# Which would you buy?



## Nubster (Aug 9, 2011)

Not sure about the 40mm focal length though. I love my 90mm, I don't think I could use a 40mm. Like xmas suggested, add more lights over the tank while shooting or invest in a speedlight. The SB600 works great and isn't too much. I paid $100 for mine used.


----------



## nofearengineer (Mar 20, 2013)

I do have an SB-600, but to be honest, I have only used it for its softening effect taking pictures at family events. 

Oh well...I have put off learning about Flash Commander mode long enough. Thanks for the advice.

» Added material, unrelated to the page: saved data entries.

impl Conference {
    /// The conference of these settings, which have one worker. Refused for want of memory alone.
    pub fn new(alloc: Global, settings: &Settings) -> Result<Conference, AllocError>
        requires one { settings.now.workers ≡ 1 }
        ensures is_new { IfOk result (IsNewConference settings.now) }
        ensures unlimited { IfOk result (λ c. c.limit ≡ limit_by 0) }
    {
        let made = Conference::with_entry_limit(alloc, settings, 0)?;
        Ok(made)
    }

    /// The same, of which `hear_limited` hears so many entries of one datagram's feedback, the first; 0 for all.
    pub fn with_entry_limit(
        alloc: Global,
        settings: &Settings,
        entry_limit: u32,
    ) -> Result<Conference, AllocError>
        requires one { settings.now.workers ≡ 1 }
        ensures is_new { IfOk result (IsNewConference settings.now) }
        ensures limit { IfOk result (λ c. c.limit ≡ limit_by entry_limit) }
    {
        let world = new_world(alloc, settings)?;
        Ok(conference_of(alloc, world, entry_limit))
    }

    /// Lets go of what was given out, once none of it waits to be taken: what is no datagram doesn't pile up.
    fn forget_taken(&mut self)
        ensures { self.new ≡ self.old }
    {
        self.taken = let_go(&mut self.outs, self.taken);
    }

    /// An event from outside is done, which finds nothing waiting.
    #[tactic(auto, using(crate::proofs::ServedLemmas::serves_of, crate::proofs::ServedLemmas::still_within, crate::proofs::ServedLemmas::leaves_of))]
    fn take(&mut self, event: Event) -> Result<(), EventFault>
        requires outside { is_from_outside event ≡ true }
        requires idle { IsIdle self.old.world }
        ensures ok { OnOk result (Serves (event ∷ []) self.old self.new) }
        ensures settled { OnOk result (IsIdle self.new.world) }
        ensures err { IfErr result (LeavesEvents (event ∷ []) self.old self.new) }
        ensures limit { self.new.limit ≡ self.old.limit }
    {
        self.forget_taken();
        do_event(&mut self.world, event, &mut self.outs)
    }

    /// A datagram of this endpoint is heard, which finds nothing waiting.
    #[tactic(auto, using(crate::proofs::ServedLemmas::serves_of, crate::proofs::ServedLemmas::still_within, crate::proofs::ServedLemmas::leaves_of))]
    fn take_datagram(&mut self, moment: u64, endpoint: u16, bytes: &[u8]) -> Result<(), EventFault>
        requires idle { IsIdle self.old.world }
        ensures ok { OnOk result (Serves (Hear moment endpoint bytes.now ∷ []) self.old self.new) }
        ensures settled { OnOk result (IsIdle self.new.world) }
        ensures err { IfErr result
            (LeavesEvents (Hear moment endpoint bytes.now ∷ []) self.old self.new) }
        ensures limit { self.new.limit ≡ self.old.limit }
    {
        self.forget_taken();
        do_hear(&mut self.world, moment, endpoint, bytes, &mut self.outs)
    }

    /// A datagram came from this endpoint at this moment, in milliseconds: it is heard, with all that follows. What is to be sent
    /// waits after what was to be sent before. All that its feedback asks for is done, whatever `hear_limited` would hear of it.
    ///
    /// Refused as `Busy`, exactly if something waits, and as `NoMemory`: then nothing was done. As `Unsettled` if there is no
    /// memory for all that follows: then it was heard, and the rest waits for `settle`.
    pub fn hear(&mut self, moment: u64, endpoint: u16, bytes: &[u8]) -> Result<(), EventFault>
        ensures ok { OnOk result (Serves (Hear moment endpoint bytes.now ∷ []) self.old self.new) }
        ensures settled { OnOk result (IsIdle self.new.world) }
        ensures busy { ¬ IsIdle self.old.world → result ≡ Err Busy }
        ensures err { IfErr result
            (LeavesEvents (Hear moment endpoint bytes.now ∷ []) self.old self.new) }
        ensures limit { self.new.limit ≡ self.old.limit }
    {
        if !is_idle(&self.world) {
            return Err(EventFault::Busy);
        }
        self.take_datagram(moment, endpoint, bytes)
    }

    /// A datagram is heard up to the limit, which finds nothing waiting.
    #[tactic(auto, using(crate::proofs::LimitedLemmas::hears_of, crate::proofs::LimitedLemmas::limited_within, crate::proofs::LimitedLemmas::leaves_limited))]
    fn take_limited(&mut self, moment: u64, endpoint: u16, bytes: &[u8]) -> Result<(), EventFault>
        requires idle { IsIdle self.old.world }
        ensures ok { OnOk result (HearsLimited moment endpoint bytes.now self.old self.new) }
        ensures settled { OnOk result (IsIdle self.new.world) }
        ensures err { IfErr result (LeavesLimited moment endpoint bytes.now self.old self.new) }
    {
        self.forget_taken();
        do_limited(
            &mut self.world,
            moment,
            endpoint,
            bytes,
            &mut self.limit,
            &mut self.outs,
        )
    }

    /// A datagram came, as `hear` has it. Of its feedback no more entries are heard than the conference was opened with, the first in the order of
    /// packets and entries, a PLI as one; the others are passed over, and counted (`entries_beyond`). All of the datagram is read first, so that a
    /// fault refuses it wherever that stands. What is done is what `hear` does of a datagram with the first entries alone (`HearsLimited`): with no
    /// limit, and of one that has no more, of the datagram itself. Refused as `hear` is.
    pub fn hear_limited(
        &mut self,
        moment: u64,
        endpoint: u16,
        bytes: &[u8],
    ) -> Result<(), EventFault>
        ensures ok { OnOk result (HearsLimited moment endpoint bytes.now self.old self.new) }
        ensures settled { OnOk result (IsIdle self.new.world) }
        ensures busy { ¬ IsIdle self.old.world → result ≡ Err Busy }
        ensures err { IfErr result (LeavesLimited moment endpoint bytes.now self.old self.new) }
    {
        if !is_idle(&self.world) {
            return Err(EventFault::Busy);
        }
        self.take_limited(moment, endpoint, bytes)
    }

    /// It is this moment, in milliseconds: what has come with time is done, with all that follows. Refused as `hear` is.
    pub fn tick(&mut self, moment: u64) -> Result<(), EventFault>
        ensures ok { OnOk result (Serves (Tick moment ∷ []) self.old self.new) }
        ensures settled { OnOk result (IsIdle self.new.world) }
        ensures busy { ¬ IsIdle self.old.world → result ≡ Err Busy }
        ensures err { IfErr result (LeavesEvents (Tick moment ∷ []) self.old self.new) }
        ensures limit { self.new.limit ≡ self.old.limit }
    {
        if !is_idle(&self.world) {
            return Err(EventFault::Busy);
        }
        self.take(Event::Tick(moment))
    }

    /// The leg of this number is selected from this moment on, in milliseconds, or not, with all that follows. Refused as `hear` is.
    pub fn select(&mut self, moment: u64, leg: u16, on: bool) -> Result<(), EventFault>
        ensures ok { OnOk result (Serves (Select moment leg on ∷ []) self.old self.new) }
        ensures settled { OnOk result (IsIdle self.new.world) }
        ensures busy { ¬ IsIdle self.old.world → result ≡ Err Busy }
        ensures err { IfErr result (LeavesEvents (Select moment leg on ∷ []) self.old self.new) }
        ensures limit { self.new.limit ≡ self.old.limit }
    {
        if !is_idle(&self.world) {
            return Err(EventFault::Busy);
        }
        self.take(Event::Select(moment, leg, on))
    }

    /// What waits is done. Refused for want of memory alone: then the first of it was done, and the rest waits.
    #[tactic(auto, using(crate::proofs::ServedLemmas::serves_of, crate::proofs::ServedLemmas::still_within))]
    pub fn settle(&mut self) -> Result<(), AllocError>
        ensures serves { Serves [] self.old self.new }
        ensures settled { OnOk result (IsIdle self.new.world) }
        ensures limit { self.new.limit ≡ self.old.limit }
    {
        self.forget_taken();
        settle(&mut self.world, &mut self.outs)
    }

    /// The datagram that is to be sent next; none, if all were taken.
    pub fn next(&self) -> Option<Delivery<'_>>
        ensures { option_map datagram_of result ≡ slice_get self.now.waiting 0 }
    {
        next_delivery(self.outs.as_slice(), self.taken)
    }

    /// The datagram that is to be sent next is taken: from now on it is the one after it. Nothing is done if there is none.
    pub fn take_next(&mut self)
        ensures waiting { self.new.waiting ≡ drop 1 self.old.waiting }
        ensures world { self.new.world ≡ self.old.world }
        ensures limit { self.new.limit ≡ self.old.limit }
    {
        self.taken = place_after(self.outs.as_slice(), self.taken);
    }

    /// What is announced for the publisher of this number, by rising overhead: the smallest set of its live requests that permits
    /// what they together permit. None, if there is no such endpoint.
    pub fn announced(&self, publisher: u16) -> Option<ArrayVec<Request, MAX_REQUESTS>>
        ensures none { (result ≡ None) ↔ (length self.now.world.desks ≤ publisher) }
        ensures some { (d : DeskState) → slice_get self.now.world.desks publisher ≡ Some d
            → IfSome result (λ set. set.items ≡ announced_of d.bounds) }
    {
        if usize::from(publisher) < self.world.publishers() {
            Some(self.world.desk(publisher).announced())
        } else {
            None
        }
    }

    /// What is live for the publisher of this number, and the certificate of what is announced for it. None, if there is no such
    /// endpoint.
    pub fn certified(&self, publisher: u16) -> Option<Certified<'_>>
        ensures none { (result ≡ None) ↔ (length self.now.world.desks ≤ publisher) }
        ensures some { (d : DeskState) → slice_get self.now.world.desks publisher ≡ Some d
            → IfSome result (λ shown. Shows d.bounds shown) }
    {
        if usize::from(publisher) < self.world.publishers() {
            Some(certified_by(self.world.desk(publisher)))
        } else {
            None
        }
    }

    /// How many entries `hear_limited` passed over since the opening; it stays at `u64::MAX` once there.
    pub fn entries_beyond(&self) -> u64
        ensures { result ≡ self.now.limit.beyond }
    {
        self.limit.beyond
    }

    /// What waits: nothing, unless a call met no memory.
    pub fn waiting(&self) -> Waiting
        ensures { result ≡ waiting_in self.now.world }
    {
        self.world.waiting()
    }
}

I still want a macro lens though. :icon_lol:


----------



## zdnet (Aug 13, 2010)

nofearengineer said:


> I do have an SB-600, but to be honest, I have only used it for its softening effect taking pictures at family events.
> 
> Oh well...I have put off learning about Flash Commander mode long enough. Thanks for the advice.


If you are going to use the built-in flash as a trigger, consider the SG-3IR.




nofearengineer said:


> I still want a macro lens though. :icon_lol:


Since you already have a 18-200 zoom lens, you can use it with a close-up lens (such as the Raynox DCR-150) to get a magnification higher than that from a macro lens.

However, unlike a macro lens, a close-up lens does not allow you to focus to infinity. For example, the DCR-150 won't allow you to focus on anything more than 8 inches away from the lens (regardless of your zoom setting). So even if you have the lens right at the front of a tank of more than 8 inches deep, you won't be able to focus on anything at the back of the tank. A less powerful close-up lens will allow you to focus further way, but you will get less magnification.


----------



## nofearengineer (Mar 20, 2013)

Thanks, zdnet!

I had a few cash back dollars left on my Discover card, so I bought the SG-31R.

I have too many hobbies haha. I just can't keep up with them all.


----------